**TASK BRIEF**
Only the lines below between the ones containing "calls.iter().position(|call| call.0 == name)" and "with this name.", inclusive, are to be reproduced, each exactly as it stands.

*** SUPPLIED MATERIAL Section Begins ***

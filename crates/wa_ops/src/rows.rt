ghost use Rattle.std.specs.Prelude.{◌≡◌, ◌≤◌, ◌<◌, IfSome, Some, length, map, option_map, slice_get};
ghost use Rattle.std.specs.List.{position};
ghost use Rattle.std.specs.Str.{bytes_eq};
ghost use Rattle.wa_ops.specs.Rows.{row_answer, row_named, row_parameters, shown};

use crate::call_no::CallNo;
use crate::op::ValueType;
use crate::op::ValueType::{I32, I64};

/// A call of the API: its name, the types of what it takes, in order, and the type of its answer.
#[derive(Clone, Copy)]
struct ApiCall(&'static [u8], &'static [ValueType], ValueType);

const API_CALLS: [ApiCall; 65] = [
    ApiCall(b"_g", &[I32, I32], I32),
    ApiCall(b"accept", &[I32, I32, I64], I64),
    ApiCall(b"rollback", &[I32, I32, I64], I64),
    ApiCall(b"util_sha512h", &[I32; 4], I64),
    ApiCall(b"util_keylet", &[I32; 9], I64),
    ApiCall(b"sto_subfield", &[I32, I32, I32], I64),
    ApiCall(b"sto_subarray", &[I32, I32, I32], I64),
    ApiCall(b"sto_emplace", &[I32; 7], I64),
    ApiCall(b"sto_erase", &[I32; 5], I64),
    ApiCall(b"sto_validate", &[I32, I32], I64),
    ApiCall(b"float_one", &[], I64),
    ApiCall(b"float_set", &[I32, I64], I64),
    ApiCall(b"float_multiply", &[I64, I64], I64),
    ApiCall(b"float_mulratio", &[I64, I32, I32, I32], I64),
    ApiCall(b"float_divide", &[I64, I64], I64),
    ApiCall(b"float_invert", &[I64], I64),
    ApiCall(b"float_sum", &[I64, I64], I64),
    ApiCall(b"float_negate", &[I64], I64),
    ApiCall(b"float_compare", &[I64, I64, I32], I64),
    ApiCall(b"float_mantissa", &[I64], I64),
    ApiCall(b"float_sign", &[I64], I64),
    ApiCall(b"float_int", &[I64, I32, I32], I64),
    ApiCall(b"float_sto", &[I32, I32, I32, I32, I32, I32, I64, I32], I64),
    ApiCall(b"float_sto_set", &[I32, I32], I64),
    ApiCall(b"trace", &[I32; 5], I64),
    ApiCall(b"trace_num", &[I32, I32, I64], I64),
    ApiCall(b"trace_float", &[I32, I32, I64], I64),
    ApiCall(b"fee_base", &[], I64),
    ApiCall(b"ledger_seq", &[], I64),
    ApiCall(b"ledger_last_time", &[], I64),
    ApiCall(b"ledger_last_hash", &[I32, I32], I64),
    ApiCall(b"ledger_nonce", &[I32, I32], I64),
    ApiCall(b"hook_account", &[I32, I32], I64),
    ApiCall(b"hook_hash", &[I32, I32, I32], I64),
    ApiCall(b"hook_pos", &[], I64),
    ApiCall(b"hook_param", &[I32; 4], I64),
    ApiCall(b"hook_param_set", &[I32; 6], I64),
    ApiCall(b"hook_skip", &[I32, I32, I32], I64),
    ApiCall(b"otxn_type", &[], I64),
    ApiCall(b"otxn_id", &[I32, I32, I32], I64),
    ApiCall(b"otxn_field", &[I32, I32, I32], I64),
    ApiCall(b"otxn_slot", &[I32], I64),
    ApiCall(b"otxn_param", &[I32; 4], I64),
    ApiCall(b"otxn_burden", &[], I64),
    ApiCall(b"otxn_generation", &[], I64),
    ApiCall(b"slot", &[I32, I32, I32], I64),
    ApiCall(b"slot_set", &[I32, I32, I32], I64),
    ApiCall(b"slot_clear", &[I32], I64),
    ApiCall(b"slot_count", &[I32], I64),
    ApiCall(b"slot_size", &[I32], I64),
    ApiCall(b"slot_subfield", &[I32, I32, I32], I64),
    ApiCall(b"slot_subarray", &[I32, I32, I32], I64),
    ApiCall(b"slot_type", &[I32, I32], I64),
    ApiCall(b"slot_float", &[I32], I64),
    ApiCall(b"state", &[I32; 4], I64),
    ApiCall(b"state_set", &[I32; 4], I64),
    ApiCall(b"state_foreign", &[I32; 8], I64),
    ApiCall(b"state_foreign_set", &[I32; 8], I64),
    ApiCall(b"etxn_reserve", &[I32], I64),
    ApiCall(b"etxn_burden", &[], I64),
    ApiCall(b"etxn_generation", &[], I64),
    ApiCall(b"etxn_nonce", &[I32, I32], I64),
    ApiCall(b"etxn_details", &[I32, I32], I64),
    ApiCall(b"etxn_fee_base", &[I32, I32], I64),
    ApiCall(b"emit", &[I32; 4], I64),
];

/// The place of a name in a table of calls.
fn place_of(calls: &[ApiCall], name: &[u8]) -> Option<usize>
    ensures place { result ≡ position (λ call. bytes_eq call.0.now name.now) calls.now }
{
    calls.iter().position(|call| call.0 == name)
}

/// The call in a row of a table of calls.
#[tactic(auto, using(crate::proofs::Tables::got))]
fn call_at(calls: &[ApiCall], row: usize) -> ApiCall
    requires row { row < length calls.now }
    ensures call { slice_get (map shown calls.now) row ≡ Some (shown result) }
{
    calls[row]
}

/// The row of the call with this name.
#[tactic(auto, unfolding(crate::specs::Rows::row_named, crate::specs::Rows::api_calls))]
pub fn call_by_name(name: &[u8]) -> Option<CallNo>
    ensures row { row_named name.now ≡ option_map (λ number. number.0) result }
    ensures listed { IfSome result (λ number. number.0 ≤ 64) }
{
    let row = place_of(&API_CALLS, name)?;
    Some(CallNo(row as u8))
}

/// The types of the parameters of the call in this row.
#[tactic(auto, unfolding(crate::specs::Rows::row_parameters, crate::specs::Rows::api_calls))]
pub fn call_parameters(number: CallNo) -> &'static [ValueType]
    requires row { number.0 ≤ 64 }
    ensures parameters { result.now ≡ row_parameters number.0 }
{
    call_at(&API_CALLS, usize::from(number.0)).1
}

/// The type of the answer of the call in this row.
#[tactic(auto, unfolding(crate::specs::Rows::row_answer, crate::specs::Rows::api_calls))]
pub fn call_answer(number: CallNo) -> ValueType
    requires row { number.0 ≤ 64 }
    ensures answer { result ≡ row_answer number.0 }
{
    call_at(&API_CALLS, usize::from(number.0)).2
}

*** SUPPLIED MATERIAL Section Ends ***

**EXERCISE OUTPUT**
    calls.iter().position(|call| call.0 == name)
}

/// The call in a row of a table of calls.
#[tactic(auto, using(crate::proofs::Tables::got))]
fn call_at(calls: &[ApiCall], row: usize) -> ApiCall
    requires row { row < length calls.now }
    ensures call { slice_get (map shown calls.now) row ≡ Some (shown result) }
{
    calls[row]
}

/// The row of the call with this name.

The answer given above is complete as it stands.